2. Immovable Property

  • Loans against property are permitted but with restrictions:
    • Total loans against immovable property must not exceed 50% of overall loans outstanding on the date of Board approval.
    • The individual loan cannot exceed 50% of the property’s value.
    • Maximum repayment period = 7 years.

Example: If a property worth ₹20 lakh is pledged, maximum loan available = ₹10 lakh, and it must be repaid within 7 years.

3. Fixed Deposits, NSCs, Government Securities, and Insurance Policies

  • Such securities must be duly discharged and pledged with the Nidhi.
  • The maturity date of the security must not go beyond the loan period or one year, whichever is earlier.
  • For loans against fixed deposits, the loan period cannot exceed the unexpired term of the FD.

This ensures that the Nidhi always has tangible collateral that matures within the loan cycle.

Why These Restrictions?

The restrictions in Rule 15 are not hurdles but safeguards. They exist to:

  • Prevent over-lending beyond capacity.
  • Ensure loans are always backed by adequate security.
  • Link loan eligibility with financial stability of the Nidhi.
  • Protect depositors’ funds, since loans are disbursed from pooled member savings.

Practical Example – Loan Eligibility

Case A: Small Nidhi

  • Deposits = ₹1.5 crore
  • Eligible loan limit = ₹2 lakh per member
  • Security = Gold jewellery worth ₹3 lakh pledged
    Loan sanctioned = ₹2 lakh

Case B: Medium Nidhi

  • Deposits = ₹30 crore
  • Eligible loan limit = ₹12 lakh per member
  • Security = Property worth ₹50 lakh pledged
    Maximum loan sanctioned = ₹12 lakh (capped even though property value allows more)

Case C: Non-Profitable Nidhi

  • Deposits = ₹60 crore
  • Normal limit = ₹15 lakh
  • No profit in last 3 years → only 50% allowed
    Maximum loan sanctioned = ₹7.5 lakh per member

Case Reference – MCA Action on Loan Irregularities

In several penalty orders, the MCA has acted against Nidhis that:

  • Gave loans beyond prescribed limits,
  • Provided loans without proper collateral, or
  • Lent to non-members.

One such case involved a Nidhi granting unsecured loans to outsiders, leading to penalties under Section 406 of the Companies Act and contravention of Rule 15. This shows that compliance with loan rules is strictly enforced.

Conclusion

Loans are the lifeblood of Nidhi Companies, but they must be carefully managed. Rule 15 ensures that lending is restricted to members, proportionate to deposits, backed by security, and within fixed time limits.

For promoters, this means loan policies must be aligned with the last audited financial statements and profits.
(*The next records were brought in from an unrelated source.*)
ghost use Rattle.std.specs.Prelude.{◌≡◌, ◌≢◌, ◌+◌, ◌-◌, ◌^◌, [], ℕ, List, length, Ok, true, false};
ghost use Rattle.std.specs.Prelude.{IfOk, IfErr, IfSome, OnOk, OnErr, map, min, option_map};
ghost use Rattle.std.specs.Coded.{codes};
ghost use Rattle.rb_parents.specs.Family.{family_pairs, parent_of, parent_in};
ghost use Rattle.rb_views.specs.Seen.{tree_seen};
ghost use Rattle.rb_packages.specs.Shelf.{bundle_at};
ghost use Rattle.rb_packages.specs.Lent.{files_in};
ghost use Rattle.rb_packages.specs.Packages.{icudata_files, icudata_of, list_of, files_of, file_at};
ghost use Rattle.rb_packages.specs.Packages.{OthersStay};
ghost use Rattle.rb_packages.specs.Release.{edited, sizes_of};
ghost use Rattle.rb_packages.specs.Usage.{bytes_of, apps_of, more_apps, AreThereOnce};
ghost use Rattle.rb_engine.specs.Ask.{Requests, Looks};
ghost use Rattle.rb_engine.specs.Answer.{Replies, answer_over, lookup_in};
ghost use Rattle.rb_engine.specs.History.{Step};
ghost use Rattle.rb_engine.specs.Kept.{Kept, state_of};
ghost use Rattle.rb_engine.specs.Source.{Reads, change_request};
ghost use Rattle.rb_engine.specs.Change.{files_after, Removes};
ghost use Rattle.rb_engine.specs.Place.{place_of as place_at};
ghost use Rattle.rb_engine.specs.Steps.{exceeds, takes_more, takes_more_from};
ghost use Rattle.rb_engine.specs.Version.{is_current, next_version};
ghost use Rattle.rb_engine.specs.OpenLocale.{CountsNames, IsOpenLocale, RefusesAll};
ghost use Rattle.rb_engine.specs.inner.LastChanges.{AreUpTo};
ghost use Rattle.rb_engine.specs.inner.KeptLocales.{AreKept};
ghost use Rattle.rb_engine.specs.inner.KeptItems.{AreItemsKept};
ghost use Rattle.rb_engine.specs.declared.request.Request.TheVariants.{Remove as Removal};
ghost use Rattle.rb_engine.specs.declared.request.Request.TheVariants.{List as Listing};
ghost use Rattle.rb_fallback.specs.FoundNode.{IsNodeOf};
ghost use Rattle.rb_engine.specs.LookResponse.{look_response};
ghost use Rattle.rb_engine.specs.Start.{Loads, IsRefused, IsIndexed};
ghost use Rattle.rb_engine.specs.declared.request.Payload.{Payload};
For members, these rules provide assurance that loans are available but within safe, transparent limits. Ultimately, Rule 15 balances the twin goals of Nidhis: mutual benefit and depositor protection.

Frequently Asked Questions (FAQs)

Q1. Who can take loans from a Nidhi Company?
Only members of the Nidhi are eligible. Outsiders cannot borrow.

Q2. What is the maximum loan amount in a Nidhi?
It depends on deposits:

  • Up to ₹2 lakh for small Nidhis (<₹2 crore deposits).
  • Up to ₹15 lakh for large Nidhis (>₹50 crore deposits).

Q3. Can a member with unpaid loans get another loan?
No. A member in default is not eligible for fresh loans.

Q4. Can Nidhis give personal loans without security?
No. Every loan must be backed by specified securities such as gold, property, or government instruments.

Q5. What is the maximum repayment period for loans against property?
Seven years. Also, property loans cannot exceed 50% of overall outstanding loans.

Q6. What is the rule for loans against jewellery?
Loan repayment must be completed within one year.

Q7. Can Nidhis charge high interest rates on loans?
No. Interest rates are regulated and usually capped at levels that prevent exploitation. They must remain reasonable and aligned with MCA guidelines.